One phenomenon that has been widely discussed in relation to
six-sigma is the 1.5 sigma shift. Because six-sigma focuses on
variation, a chart to understand deviation from the mean should be used
to further understand this concept. A Z-table shows the standard
deviation from the mean. A process' normal variation, defined as
process width, is +/- 3-sigma about the mean. In looking at Table 2, it
is clear that a quality level of 3-sigma actually corresponds with 2,700
defects per million opportunities. This number may sound small but it is
similar to 22,000 checks deducted from the wrong bank account each hour
or 500 incorrect surgical operations each week. This level of operating
efficiency was deemed unacceptable by Motorola hence the search for a
design that would ensure greater quality levels. A six-sigma design
would have no more than 3.4 DPMO even if shifted +/-1.5 sigma from the
mean. In looking once again at Table 2, it is evident a quality level of
six-sigma actually corresponds with two defects per billion
opportunities while the more commonly known value of 3.4 defects per
million opportunities is found at the six-sigma level with a +/-1.5
sigma shift off the center value or +/-4.5-sigma. This shift is a result
of what is called the Long Term Dynamic Mean Variation, Swinney (2007).

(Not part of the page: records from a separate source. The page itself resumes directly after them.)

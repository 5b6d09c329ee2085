//! Groups of the tables of an image, which may be gone through apart, and how what they find merges.

ghost use Rattle.std.specs.Prelude.{All, ◌≡◌, ◌≤◌, ◌+◌, IfOk, length, map, None};
ghost use Rattle.std.specs.List.{AllByRecursion};
ghost use Rattle.format_image.specs.ImageBytes.{IsImage};
ghost use Rattle.spec_verify.specs.Entries.{id_fault};
ghost use Rattle.audit_roots.specs.ImageTable.{table_of};
ghost use Rattle.audit_verify.specs.Groups as spec;
ghost use Rattle.audit_verify.specs.Indexes.{HasFewIndexes, first_among};
ghost use Rattle.audit_verify.specs.Order.{AreStarted};

use crate::indexes::fault_among;
use crate::least::event_place;
use crate::versions::{least_invalid_version, times_of};
use audit_columns::ColumnRows;
use audit_roots::{ImageTable, group_of, shown_tables, wrong_root_in_group};
use base_merkle::Hash32;
use base_types::{Memory, TableId};
use format_image::Image;
use spec_verify::Place;
use sql_system::first_tables;
use std::alloc::Global;

/// What fails in a group of tables.
#[derive(Clone, Copy, Debug, PartialEq, Eq)]
pub struct GroupFaults {
    /// The place, from 0, of the first entry that has another root in one of these tables than its events
    /// there, or a root without events, or events without a root; and the least of those tables.
    pub root: Option<(u64, TableId)>,
    /// The start of the least version that its table may not have, or that breaks a rule of changes.
    pub version: Option<Place>,
    /// The first index whose rows aren't those of the base, where each version of these tables is one that
    /// its table may have.
    pub index: Option<Place>,
}

/// What fails of the versions and the indexes of a group of tables.
#[derive(Clone, Copy, Debug, PartialEq, Eq)]
pub struct RowFaults {
    /// As `GroupFaults` has it.
    pub version: Option<Place>,
    /// As `GroupFaults` has it.
    pub index: Option<Place>,
}

/// What fails in so many tables of the image, from the one at place `from` on, where no id of an entry
/// repeats and each start and end has its entry. What groups find of roots merges by `roots_of_groups_merge` and
/// `root_fault_is_merged`. The only error is want of memory.
pub fn group_faults<H: Hash32>(
    alloc: Global,
    hasher: H,
    image: &Image,
    from: usize,
    count: usize,
) -> Result<GroupFaults, Memory>
    requires image { IsImage image.now }
    requires ids { id_fault image.now ≡ None }
    requires within { from + count ≤ length image.now.tables }
    ensures root { IfOk result (λ faults. faults.root
        ≡ spec.wrong_root (H.digest hasher) (spec.group_of from count image.now) image.now.entries) }
    ensures version { IfOk result (λ faults. faults.version
        ≡ spec.version_in image.now (spec.group_of from count image.now)) }
    ensures index { IfOk result (λ faults. faults.index
        ≡ spec.if_none faults.version (spec.index_in from count image.now)) }
{
    let root = wrong_root_in_group(alloc, hasher, image, from, count)?;
    let rows = group_rows(alloc, image, from, count)?;
    Ok(GroupFaults {
        root,
        version: rows.version,
        index: rows.index,
    })
}

/// What fails of the versions and indexes of these tables.
pub(crate) fn group_rows(
    alloc: Global,
    image: &Image,
    from: usize,
    count: usize,
) -> Result<RowFaults, Memory>
    requires image { IsImage image.now }
    requires ids { id_fault image.now ≡ None }
    requires within { from + count ≤ length image.now.tables }
    ensures version { IfOk result (λ faults. faults.version
        ≡ spec.version_in image.now (spec.group_of from count image.now)) }
    ensures index { IfOk result (λ faults. faults.index
        ≡ spec.if_none faults.version (spec.index_in from count image.now)) }
{
    let system = first_tables(alloc)?;
    let tables = shown_tables(alloc, &system, image)?;
    let group = group_of(&tables, from, count);
    let version = version_in_group(alloc, image, group)?;
    let index = index_in_group(alloc, version, group)?;
    Ok(RowFaults { version, index })
}

/// The least version of these tables that its table may not have or that breaks a rule, by all rows of the system
/// tables.
fn version_in_group(
    alloc: Global,
    image: &Image,
    tables: &[ImageTable],
) -> Result<Option<Place>, Memory>
    requires { All (AreStarted image.now.entries) tables.now }
    ensures { IfOk result (λ place. place ≡ spec.version_in image.now (map table_of tables.now)) }
{
    let columns = ColumnRows::of(alloc, image)?;
    let times = times_of(alloc, &columns, image)?;
    let worst = least_invalid_version(alloc, &columns, &times, tables)?;
    Ok(event_place(worst))
}

/// The first index at fault, where no version is.
fn index_in_group(
    alloc: Global,
    version: Option<Place>,
    tables: &[ImageTable],
) -> Result<Option<Place>, Memory>
    requires { AllByRecursion HasFewIndexes tables.now }
    ensures { IfOk result (λ place. place ≡ spec.if_none version (first_among tables.now)) }
{
    match version {
        Some(_) => Ok(None),
        None => fault_among(alloc, tables),
    }
}
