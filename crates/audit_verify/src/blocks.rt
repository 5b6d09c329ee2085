//! The digests, the chain of the blocks, and the roots of their entries.

ghost use Rattle.std.specs.Prelude.{◌≡◌, ◌<◌, ◌≤◌, ◌+◌, ◌∷◌, ℕ, List, true, length, drop, IfOk, IfSome, None};
ghost use Rattle.std.specs.Thread.{IsSend, IsSync};
ghost use Rattle.format_image.specs.ImageBytes.{IsImage};
ghost use Rattle.spec_ledger.specs.Blocks.{no_hash};
ghost use Rattle.spec_verify.specs.Blocks as spec;
ghost use Rattle.audit_verify.specs.BlockParts.{faulty_block};

use crate::merged::first_of_two;
use base_merkle::Hash32;
use base_types::{Hash, Memory};
use format_entry::block_hash;
use format_image::Image;
use format_roots::entries_root;
use spec_verify::Place;
use sql_types::{BlockRecord, HeldDigest, MAX_BLOCK};
use std::alloc::Global;
use std::thread::{Threads, join};

/// The first digest that isn't of a block of the image.
#[tactic(auto, unfolding(spec_verify::specs::Blocks::digest_fault))]
pub(crate) fn digest_fault<H: Hash32>(
    hasher: H,
    image: &Image,
    digests: &[HeldDigest],
) -> Option<Place>
    ensures { result ≡ spec.digest_fault (H.digest hasher) image.now digests.now }
{
    for (k, digest) in digests.iter().enumerate() {
        if !digest_holds(hasher, image, digest) {
            return Some(Place::Digest(k as u64));
        }
    }
    None
}

fn digest_holds<H: Hash32>(hasher: H, image: &Image, digest: &HeldDigest) -> bool
    ensures { result ≡ spec.digest_holds (H.digest hasher) image.now digest.now }
{
    let blocks = image.blocks.as_slice();
    let at = digest.block as usize;
    digest.database == image.database
        && at < blocks.len()
        && digest.hash == block_hash(hasher, block_at(blocks, at))
}

fn block_at(blocks: &[BlockRecord], at: usize) -> &BlockRecord
    requires { at < length blocks.now }
    ensures { drop at blocks.now ≡ result.now ∷ drop (at + 1) blocks.now }
{
    &blocks[at]
}

/// The first block that isn't linked to the one before it.
#[tactic(auto, unfolding(spec_verify::specs::Blocks::chain_fault))]
pub(crate) fn chain_fault<H: Hash32>(hasher: H, image: &Image) -> Option<Place>
    ensures { result ≡ spec.chain_fault (H.digest hasher) image.now }
{
    let mut before = no_hash();
    for (b, block) in image.blocks.as_slice().iter().enumerate() {
        if block.id != b as u64 || block.previous != before {
            return Some(Place::Block(b as u64));
        }
        before = block_hash(hasher, block);
    }
    None
}

fn no_hash() -> Hash
    ensures { result ≡ no_hash }
{
    [0; 32]
}

/// The first block that hasn't the size or the root of its entries.
/// The entries are hashed in order, each once; those of one block, and its nodes of one level, four at a time.
pub(crate) fn block_fault<H: Hash32>(
    alloc: Global,
    hasher: H,
    image: &Image,
) -> Result<Option<Place>, Memory>
    requires { IsImage image.now }
    ensures { IfOk result (λ place. place ≡ spec.block_fault (H.digest hasher) image.now) }
{
    block_fault_in(alloc, hasher, image, 0, image.blocks.len())
}

/// The same by so many threads.
pub(crate) fn block_fault_by<H: Hash32, R: Threads + Sync>(
    rt: &R,
    alloc: Global,
    hasher: H,
    image: &Image,
    workers: u32,
) -> Result<Option<Place>, Memory>
    requires { IsImage image.now }
    ensures { IfOk result (λ place. place ≡ spec.block_fault (H.digest hasher) image.now) }
{
    fault_by(rt, alloc, hasher, image, 0, image.blocks.len(), workers)
}

/// The first of so many blocks, from the one at place `from` on, that is at fault, by so many threads.
fn fault_by<H: Hash32, R: Threads + Sync>(
    rt: &R,
    alloc: Global,
    hasher: H,
    image: &Image,
    from: usize,
    count: usize,
    workers: u32,
) -> Result<Option<Place>, Memory>
    requires image { IsImage image.now }
    requires within { from + count ≤ length image.now.blocks }
    ensures { IfOk result (λ place. place ≡ faulty_block (H.digest hasher) image.now from count) }
{
    if workers <= 1 || count <= 1 {
        return block_fault_in(alloc, hasher, image, from, count);
    }
    let fewer = workers / 2;
    let others = workers - fewer;
    let front = (count / workers as usize)
        .saturating_mul(fewer as usize)
        .clamp(1, count - 1);
    let middle = from + front;
    let rest = count - front;
    let (first, second) = join(
        rt,
        || -> Result<Option<Place>, Memory>
            requires sync { IsSync R.row × IsSync H.row × IsSend H.row }
            requires image { IsImage image.now }
            requires within { from + front ≤ length image.now.blocks }
            ensures { IfOk result (λ place. place
                ≡ faulty_block (H.digest hasher) image.entry.now from front) }
        { fault_by(rt, alloc, hasher, image, from, front, fewer) },
        || -> Result<Option<Place>, Memory>
            requires sync { IsSync R.row × IsSync H.row × IsSend H.row }
            requires image { IsImage image.now }
            requires within { middle + rest ≤ length image.now.blocks }
            ensures { IfOk result (λ place. place
                ≡ faulty_block (H.digest hasher) image.entry.now middle rest) }
        { fault_by(rt, alloc, hasher, image, middle, rest, others) },
    );
    Ok(first_of_two(first?, second?))
}

fn block_fault_in<H: Hash32>(
    alloc: Global,
    hasher: H,
    image: &Image,
    from: usize,
    count: usize,
) -> Result<Option<Place>, Memory>
    requires image { IsImage image.now }
    requires within { from + count ≤ length image.now.blocks }
    ensures { IfOk result (λ place. place ≡ faulty_block (H.digest hasher) image.now from count) }
{
    let blocks = image.blocks.as_slice();
    let Some(counted) = entries_before(image, from) else {
        return Ok(first_outgrown(image, from, count));
    };
    let mut before = counted;
    for b in from..from + count {
        let block = block_at(blocks, b);
        if !block_holds(alloc, hasher, image, b, before, block)? {
            return Ok(Some(Place::Block(b as u64)));
        }
        before += block.size as usize;
    }
    Ok(None)
}

/// The first of so many blocks, before which more entries are counted than there are.
fn first_outgrown(image: &Image, from: usize, count: usize) -> Option<Place>
    requires within { from + count ≤ length image.now.blocks }
    requires many { length image.now.entries < spec.entries_before image.now from }
    ensures { (h : List ℕ → List ℕ) → result ≡ faulty_block h image.now from count }
{
    if count == 0 {
        return None;
    }
    Some(Place::Block(from as u64))
}

/// How many entries the blocks before this one count, unless these are more than there are.
fn entries_before(image: &Image, b: usize) -> Option<usize>
    requires { b ≤ length image.now.blocks }
    ensures some { IfSome result (λ n. n ≡ spec.entries_before image.now b) }
    ensures within { IfSome result (λ n. n ≤ length image.now.entries) }
    ensures none { result ≡ None → length image.now.entries < spec.entries_before image.now b }
{
    let most = image.entries.len();
    let blocks = &image.blocks.as_slice()[..b];
    let mut count = 0;
    for block in blocks {
        if block.size > (most - count) as u64 {
            return None;
        }
        count += block.size as usize;
    }
    Some(count)
}

// The entries before the block are so many.
fn block_holds<H: Hash32>(
    alloc: Global,
    hasher: H,
    image: &Image,
    b: usize,
    before: usize,
    block: &BlockRecord,
) -> Result<bool, Memory>
    requires image { IsImage image.now }
    requires block { drop b image.now.blocks ≡ block.now ∷ drop (b + 1) image.now.blocks }
    requires before { before ≡ spec.entries_before image.now b }
    requires within { before ≤ length image.now.entries }
    ensures holds { IfOk result (λ holds. holds ≡ spec.block_holds (H.digest hasher) image.now b block.now) }
    ensures within { IfOk result (λ holds. holds ≡ true
        → before + block.now.size ≤ length image.now.entries) }
{
    let entries = image.entries.as_slice();
    if block.size < 1 || u64::from(MAX_BLOCK) < block.size {
        return Ok(false);
    }
    let size = block.size as usize;
    if entries.len() - before < size {
        return Ok(false);
    }
    let root = entries_root(alloc, hasher, &entries[before..before + size])?;
    Ok(block.root == root)
}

In simpler terms, no process is maintained perfectly at center at all
times, thus allowing drifting over time. The allowance of a shift in the
distribution is important because it takes into consideration both short
and long-term factors that could affect a project such as unexpected
errors or movement. Also worth noting is that the goal of 3.4 DPMO can
be attained at 5-sigma with a +/-0.5-sigma shift or at 5.5-sigma with a
+/-1-sigma shift. However as Taguchi pointed out, it is important to
minimize the noise factors that could shift the process dramatically
from the nominal value. Table 2 below shows the DPMO quality levels
achieved for various combinations of off-centering and multiples of
sigma, Evans and Lindsay (2004).
METHODOLOGY
Within six-sigma there are different project based methods that can
be followed. Among them are Lean Sigma, Design for Six-sigma, Six-sigma
for Marketing and the most common DMAIC--Define, Measure, Analyze,
Improve and Control, Hambleton (2007). Lean Sigma is a more refined
version of the standard Six-sigma program that streamlines processes to
its essential value-adding activities. In doing this, the company aims
to do things right the first time with minimum to no waste. Wait time,
transportation, excess inventory and overproduction are among the
wasteful activities that can be eliminated. One test used to identify
the value-add activities that will reduce waste is the 3C Litmus Test:
Change, Customer, Correct, Hambleton (2007). If the activity changes the
product or service, if the customer cares about the outcome of the
activity and/or if the activity is executed and produced correctly the
first time then it is a value-add activity and should be kept. Lean
Sigma was popularized in Japan after World War II by Toyota. The Toyota
Production System challenged Ford's standard for a large lot
production system by using systematically and continuously reducing
waste through small lot productions only. Design for Six-sigma (DFSS)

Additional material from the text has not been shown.